Which lines of the entries below include "that"? List them all.

START Records provided

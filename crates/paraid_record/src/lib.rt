//! The records of an array's log: the meta, which holds the setup and the state of an array, and
//! the list of targets of a batch.
//!
//! A value in range has one spelling of 512 bytes. Writing gives that spelling, and reading
//! answers exactly for the spellings of values in range, with the value that was spelled.
#![tactic(auto)]

mod codes;
mod laws;
mod meta;
mod pen;
mod range;
mod read;
mod reader;
mod targets;
mod write;

pub use laws::spellings_differ;
pub use meta::{Meta, Mode, Setup};
pub use range::rebuild_units;
pub use read::read_meta;
pub use targets::{Target, Targets, read_targets, write_targets};
pub use write::write_meta;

END Records provided

Response below:
//! A value in range has one spelling of 512 bytes. Writing gives that spelling, and reading
//! answers exactly for the spellings of values in range, with the value that was spelled.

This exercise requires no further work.